Deadlock requires a cycle in the waiting-for relation. Such a cycle can never occur if

  1. we impose a total order on locks; and
  2. every thread that needs to hold multiple locks simultaneously acquires them from least to greatest according to that total order.

If every dining philosopher always takes the chopstick to their left before the chopstick to their right, deadlock can occur; that’s not a total order.

If the chopsticks are numbered 11 to nn and every dining philosopher takes the neighboring chopstick with the lower number first, deadlock cannot occur; that is a total order.

2.2 Lock the locks

Sometimes deadlock can be bypassed by adding more locks. A simple example of this adds a lock-acquiring lock, and requires threads to operate as follows:

  1. acquire the lock-acquiring lock
  2. acquire any other locks you need
  3. release the lock-acquiring lock
  4. do work
  5. release all acquired locks

Because only one thread can be acquiring locks at a time, no cycles can occur. This isn’t particularly efficient in general, often requiring threads to hold more locks than they actually need for longer than necessary, but it does remove deadlock.

Other added-lock approaches can also be effective in specific situations, though the lock-acquiring lock is the only one I’ve seen that is general enough to discuss outside of specific applications.

2.3 Message queues

One way to avoid data races, and thus avoid the need for locks and the possibility of deadlock, is to not allow threads to access the same data in the first place. Instead of treating threads like threads, treat them more like processes, giving each its own thread-local data that is not shared between threads. When threads need to communicate, have them do so through explicitly passing messages back and forth, similar to how different processes and different computers communicate through sockets.
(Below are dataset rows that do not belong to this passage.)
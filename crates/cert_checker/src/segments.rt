//! The conditions on the segments of a certificate.

ghost use Rattle.std.specs.Prelude.{◌≡◌, ◌≤◌, ◌<◌, ◌+◌, ◌^◌, ◌++◌, ℕ, List as list, [], length, slice_get, eqb, IfOk, if◌then◌else◌};
ghost use Rattle.std.specs.Option.{option_map_or};
ghost use Rattle.rational_laws.specs.Fraction.{rational};
ghost use Rattle.frac_core.specs.Values.{value as value128};
ghost use Rattle.loss_model.specs.declared.process.Segment.{Segment as Piece};
ghost use Rattle.loss_model.specs.Problem.{sample};
ghost use Rattle.cert_checker.specs.Formulas.{given};
ghost use Rattle.cert_checker.specs.Tests.{Test, one, upto};
ghost use Rattle.cert_checker.specs.Conditions.{each, zero_formula, side_in, dual_at_row, balance, bound_parts, bound_test, loss_tests, cost_tests, row_costs, lo_at, hi_at, first_end, order_of_ends, joint_end};
ghost use Rattle.cert_checker.specs.Given.{AllGiven};
ghost use Rattle.cert_checker.specs.Verdicts.{Settles};
ghost use Rattle.cert_checker.specs.Views.{end_of};
ghost use Rattle.cert_checker.specs.declared.relation.Relation.TheVariants.{AtMost, Below, Equal};
ghost use Rattle.loss_model.specs.declared.vertex.Side.TheVariants.{Basic};

use crate::formula::{Count, Expression, Negation, Number, Stated};
use crate::leaves::{
    BalanceTerms, DownCost, DualValue, EndView, LossTerms, ObjectiveTerms, PricedRow, RowSum,
    UpCost, rows,
};
use crate::place::Place;
use crate::relation::Relation;
use crate::tests::{Both, Comparison, ComposedParts, One, Tests, TestsOf, Then, decide_each};
use crate::verdict::Halt;
use cert_sums::side;
use frac_core::{Frac128, List, OutOfMemory};
use loss_model::{Problem, Segment, Side};
use ratio::Ratio;
use std::alloc::Global;

// ---- condition 2
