// Rows read by a program that holds its columns itself, in an array of 1,024 places with a count.
// Each call here lends the first `count` of them to the call that takes a lent list.

#![tactic(auto)]

ghost use Rattle.std.specs.Prelude.{◌≡◌, List, ℕ, length};
ghost use Rattle.format.specs.Answer.{map_read, read_at, fitted_read, room_after_read};
ghost use Rattle.format.specs.Row.{read_row, copied_out_row};
ghost use Rattle.judge_step.specs.Told.{needs_of, row_judged_told};
ghost use Rattle.read_step.specs.Told.{first_place, row_read_told};
ghost use Rattle.held_read.specs.Held.{first_columns, counted_read};

use column_type::Column;
use cursor::Cursor;
use judge_step::RowNeeds;
use row_place::RowPlace;
use wire::Refusal;

// What the row at the cursor needs, or why it cannot be read.
pub fn judge_held_row(
    cols: [Column; 1024],
    count: usize,
    s: &[u8],
    cursor: Cursor,
) -> Result<RowNeeds, Refusal>
    ensures { (b : List ℕ) → row_judged_told result ≡ map_read (needs_of (first_columns b cols count)) (read_at (counted_read count (read_row (first_columns b cols count))) s.now cursor.at) }
{
    // More than the array has places for: refused, a place behind the input's end first.
    if 1024 < count {
        return judge_step::inner::start(count, s.len(), cursor);
    }
    row_judge::judge_row(&cols[..count], s, cursor)
}

// The row at the cursor: its first value's place, from which `RowPlace::value` takes the values in
// turn, and where it ends. What PLP content joins to stands at the front of the room.
pub fn read_held_row(
    cols: [Column; 1024],
    count: usize,
    s: &[u8],
    cursor: Cursor,
    out: &mut [u8],
) -> Result<(RowPlace, Cursor), Refusal>
    ensures told { (b : List ℕ) → row_read_told result ≡ map_read (λ vs. first_place cursor.at) (fitted_read (copied_out_row (first_columns b cols count)) (read_at (counted_read count (read_row (first_columns b cols count))) s.now cursor.at) (length out.old)) }
    ensures room { (b : List ℕ) → out.new ≡ room_after_read (copied_out_row (first_columns b cols count)) (fitted_read (copied_out_row (first_columns b cols count)) (read_at (counted_read count (read_row (first_columns b cols count))) s.now cursor.at) (length out.old)) out.old }
{
    // As above.
    if 1024 < count {
        let needs = judge_step::inner::start(count, s.len(), cursor)?;
        return Ok((read_step::inner::first(cursor), needs.next));
    }
    row_read::read_row(&cols[..count], s, cursor, out)
}
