ghost use Rattle.std.specs.Prelude.{◌≡◌, ◌≢◌, ◌↔◌, ◌⊎◌, ◌≤◌, ◌<◌, ◌+◌, ◌-◌, ◌^◌, IsUtf8, None, drop, false, length, take, true};
ghost use Rattle.influxdb_line_protocol.specs.code.Rules.{rules_of};
ghost use Rattle.influxdb_line_protocol.specs.code.SpelledParts.{spelled_fault};
ghost use Rattle.influxdb_line_protocol.specs.format.Lines.{answer};
ghost use Rattle.lp_events.specs.code.Stops.{IsStopOf, reading_stop};
ghost use Rattle.lp_offsets.specs.Numbers.{IsNoDialect, answer_number, dialect_of, fault_number, fault_seen, side_number};
ghost use Rattle.lp_offsets.specs.OffsetBlocks.{AnswersRow, HasNoFault, HasNoLine, HasNoTime, IsNoTextAt, IsPlaced, IsSeenOf, ReadsOffsets, ReadsRow, ReadsRows, block_answer, came_number, has_row, in_32, is_too_much, own_of, piece_in, timestamp_in};
ghost use Rattle.lp_offsets.specs.Rooms.{Grows};
ghost use Rattle.lp_offsets.specs.declared.offsets.Came.TheVariants as Came;
ghost use Rattle.lp_offsets.specs.declared.enums.Answer.TheVariants as Answer;

use crate::enums::{Answer, Dialect, dialect_of};
use crate::faults::fault_seen;
use crate::pieces::{Piece, Seen, Source, Spot, next_item, pass};
use crate::placed::{LineIn, OffsetPart, Span};
use crate::placing::put_told;
use crate::portions::no_portion;
use influxdb_line_protocol::SpelledFault;
use lp_events::stops::reading_stop;
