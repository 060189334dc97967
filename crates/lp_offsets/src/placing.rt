//! A sink that puts a line down by offsets, part by part, as it is told.

ghost use Rattle.std.specs.Prelude.{◌≡◌, ◌<◌, ◌≤◌, ◌+◌, ◌^◌, None, Ok, length};
ghost use Rattle.influxdb_line_protocol.specs.code.Rules.{rules_of};
ghost use Rattle.influxdb_line_protocol.specs.format.Lines.{Line, answer};
ghost use Rattle.lp_events.specs.code.Stops.{IsStopOf};
ghost use Rattle.lp_offsets.specs.Offsets.{texts_len};
ghost use Rattle.lp_offsets.specs.Rooms.{Grows};
ghost use Rattle.lp_offsets.specs.Placing.{ToldAnswer, told_of};

use crate::placed::{
    LineIn, NOWHERE, OffsetPart, PartIn, Placed, place_field, place_tag, place_text,
};
use influxdb_line_protocol::{Spelled, SpelledFault, SpelledValue};
use lp_events::{PlacedSink, read_placed_events};

// What was told of a line: how many tags and fields it has, how many bytes of the room are in use, its measurement and its timestamp;
// or its fault.
#[derive(Clone, Copy)]
pub(crate) struct Told<'a> {
    pub(crate) tags: usize,
    pub(crate) fields: usize,
    pub(crate) used: usize,
    pub(crate) name: Placed,
    pub(crate) timestamp: Option<i64>,
    pub(crate) fault: Option<SpelledFault<'a>>,
}

// A line that is told: where it lies, where it is put, what was counted of it, and its fault, if it has one.
#[derive(Drop)]
pub(crate) struct Placing<'l, 'a> {
    pub(crate) line: LineIn<'a>,
    pub(crate) parts: &'l mut [OffsetPart],
    pub(crate) room: &'l mut [u8],
    pub(crate) used: usize,
    pub(crate) tags: usize,
    pub(crate) fields: usize,
    pub(crate) name: Placed,
    pub(crate) timestamp: Option<i64>,
    pub(crate) fault: Option<SpelledFault<'a>>,
}

impl<'l, 'a> PlacedSink<'a> for Placing<'l, 'a> {
    ghost use Rattle.lp_offsets.specs.Placing.{Places};

    ghost line = { λ placing. placing.line.line.now };

    ghost takes = { Places };

    #[inline(always)]
    fn measurement(&mut self, name: Spelled<'a>, left: usize) {
        let (name, used) = place_text(self.line, left, self.room, self.used, name);
        self.tags = 0;
        self.fields = 0;
        self.name = name;
        self.used = used;
    }

    #[inline(always)]
    fn tag(&mut self, key: Spelled<'a>, value: Spelled<'a>, key_left: usize, left: usize) {
        let place = self.tags.wrapping_add(self.fields);
        self.tags = self.tags.wrapping_add(1);
        let part = PartIn {
            line: self.line,
            key_left,
            left,
        };
        let (part, used) = place_tag(part, self.room, self.used, key, value);
        self.used = used;
        if place < self.parts.len() {
            self.parts[place] = part;
        }
    }

    #[inline(always)]
    fn field(&mut self, key: Spelled<'a>, value: SpelledValue<'a>, key_left: usize, left: usize) {
        let place = self.tags.wrapping_add(self.fields);
        self.fields = self.fields.wrapping_add(1);
        let part = PartIn {
            line: self.line,
            key_left,
            left,
        };
        let (part, used) = place_field(part, self.room, self.used, key, value);
        self.used = used;
        if place < self.parts.len() {
            self.parts[place] = part;
        }
    }

    #[inline(always)]
    fn end(&mut self, series: &'a str, timestamp: Option<i64>, is_base: bool) {
        self.timestamp = timestamp;
    }

    #[inline(always)]
    fn fault(&mut self, fault: SpelledFault<'a>) {
        self.fault = Some(fault);
    }
}

// Tells what the line says, which is a trimmed text, and gives what is left where reading it stops, if it is at fault and that was seen.
#[inline(always)]
fn tell_line<'l, 'a>(placing: &mut Placing<'l, 'a>) -> Option<&'a str>
    requires short { length placing.old.line.line.now < 2 ^ 63 }
    requires no_fault { placing.old.fault ≡ None }
    ensures parts { placing.new.parts.ghost_name ≡ placing.old.parts.ghost_name }
    ensures room { placing.new.room.ghost_name ≡ placing.old.room.ghost_name }
    ensures size { length placing.new.parts.now ≡ length placing.old.parts.now }
    ensures grows { Grows placing.old.room.now placing.old.used placing.new.room.now placing.new.used }
    ensures bound { length placing.old.room.now < 2 ^ 32 → (read : Line) → answer (rules_of placing.old.line.rules) placing.old.line.line.now
        ≡ Ok read → placing.new.used ≤ placing.old.used + texts_len read }
    ensures told { ToldAnswer (answer (rules_of placing.old.line.rules) placing.old.line.line.now) placing.new.fault placing.old.line.text.now
        placing.new.parts.now placing.new.room.now placing.old.used (told_of placing.new) }
    ensures stop { IsStopOf (rules_of placing.old.line.rules) placing.old.line.line.now result }
{
    read_placed_events(placing.line.rules, placing.line.line, placing)
}

// Gives back what was lent. This changes nothing; it is where the loans end, so that the caller knows what they leave.
#[inline(always)]
fn give_back(parts: &mut [OffsetPart], room: &mut [u8])
    ensures parts { parts.new ≡ parts.old }
    ensures room { room.new ≡ room.old }
{}

// Puts down what a line says, as far as it fits: its parts from the first place on, and what is put into the room after so many bytes. Gives
// what was told of it, and what is left where reading it stops, if it is at fault and that was seen.
#[inline(always)]
pub(crate) fn put_told<'a>(
    line: LineIn<'a>,
    parts: &mut [OffsetPart],
    room: &mut [u8],
    used: usize,
) -> (Told<'a>, Option<&'a str>)
    requires { length line.line.now < 2 ^ 63 }
    ensures size { length parts.new ≡ length parts.old }
    ensures grows { Grows room.old used room.new result.0.used }
    ensures bound { length room.old < 2 ^ 32 → (read : Line) → answer (rules_of line.entry.rules) line.entry.line.now ≡ Ok read
        → result.0.used ≤ used + texts_len read }
    ensures told { ToldAnswer (answer (rules_of line.entry.rules) line.entry.line.now) result.0.fault line.entry.text.now
        parts.new room.new used result.0 }
    ensures stop { IsStopOf (rules_of line.entry.rules) line.entry.line.now result.1 }
{
    let mut placing = Placing {
        line,
        parts,
        room,
        used,
        tags: 0,
        fields: 0,
        name: NOWHERE,
        timestamp: None,
        fault: None,
    };
    let stop = tell_line(&mut placing);
    let Placing {
        parts,
        room,
        used,
        tags,
        fields,
        name,
        timestamp,
        fault,
        ..
    } = placing;
    give_back(parts, room);
    let told = Told {
        tags,
        fields,
        used,
        name,
        timestamp,
        fault,
    };
    (told, stop)
}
When threads chose a message-passing synchronization, they often do so using a special thread-safe queue structure with the understanding that sending messages is putting them in the queue and receiving messages is reading them from the queue. Thread-safe queues are relatively easy to implement as singly-linked lists updated using an atomic operation to avoid needing any locks.
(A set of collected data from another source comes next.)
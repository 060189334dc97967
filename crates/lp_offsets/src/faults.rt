//! What a caller sees of a fault.

ghost use Rattle.std.specs.Prelude.{◌≡◌};
ghost use Rattle.influxdb_line_protocol.specs.code.Outcomes.{side};
ghost use Rattle.influxdb_line_protocol.specs.code.SpelledParts.{spelled_fault};
ghost use Rattle.lp_offsets.specs.Numbers.{fault_seen, side_of};

use crate::enums::{FaultKind, Side};
use influxdb_line_protocol::{ErrorKind, OutOfRange, SpelledFault};

// The side that a fault names.
fn side_of(source: OutOfRange) -> Side
    ensures { result ≡ side_of (side source) }
{
    match source {
        OutOfRange::Above => Side::Above,
        OutOfRange::Below => Side::Below,
    }
}

/// What a caller sees of a fault: its kind, its side and its text.
pub fn fault_seen<'a>(fault: SpelledFault<'a>) -> (FaultKind, Side, &'a str)
    ensures { fault_seen (spelled_fault fault.entry) ≡ record { kind = result.0; side = result.1; text = result.2.now } }
{
    match fault {
        SpelledFault::MeasurementValueInvalid => (
            FaultKind::MeasurementValueInvalid,
            Side::Neither,
            "",
        ),
        SpelledFault::FieldSetMissing => (FaultKind::FieldSetMissing, Side::Neither, ""),
        SpelledFault::IntegerValueInvalid { source, value } => (
            FaultKind::IntegerValueInvalid,
            side_of(source),
            value,
        ),
        SpelledFault::UIntegerValueInvalid { source, value } => (
            FaultKind::UIntegerValueInvalid,
            side_of(source),
            value,
        ),
        SpelledFault::TimestampValueInvalid { source, value } => (
            FaultKind::TimestampValueInvalid,
            side_of(source),
            value,
        ),
        SpelledFault::EndsWithBackslash => (FaultKind::EndsWithBackslash, Side::Neither, ""),
        SpelledFault::CannotParseEntireLine { trailing_content } => (
            FaultKind::CannotParseEntireLine,
            Side::Neither,
            trailing_content,
        ),
        SpelledFault::TagSetMalformed => (FaultKind::TagSetMalformed, Side::Neither, ""),
        SpelledFault::GenericParsingError {
            kind: ErrorKind::TakeWhile1,
        } => (FaultKind::GenericParsingError, Side::Neither, ""),
    }
}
In general, code using message queues is designed with messages in mind; it is rarely straightforward to take lock-based code and refactor it to use queues instead. Queues are particularly useful in a worker-thread model where tasks are added to the queue and idle threads remove a task from the queue and work on it.

Fancier message structures also exist, including publish-subscribe models where a single message reaches all interested threads simultaneously, execution-interrupting events, and bidirectional socket-like channels.

2.4 Optimistic transactions

A transaction is a set of operations that should happen together, atomically and without interruption.

Locks and condition variables allow transactions to ensure they happen together by blocking other threads from working while the transaction is in flight, but those approaches are somewhat pessimistic, preventing concurrent operations even when different concurrent acts would not conflict in practice. They also admit deadlock if not carefully used.

Optimistic transactions take a different approach: instead of locking other threads out and then doing their work uninterrupted they check the starting state, do their work, then check again to ensure no other thread changed anything before finalizing the result. If another thread did change something, they roll back their changes and start over from the changed data state. This approach cannot deadlock, but some implementations can livelock and all can suffer resource starvation.

Optimistic transactions are challenging to design, much more involved than simply wrapping a critical section in a lock. However, when conflicting updates are not the common case, optimistic transactions can be much faster than lock-based thread safety.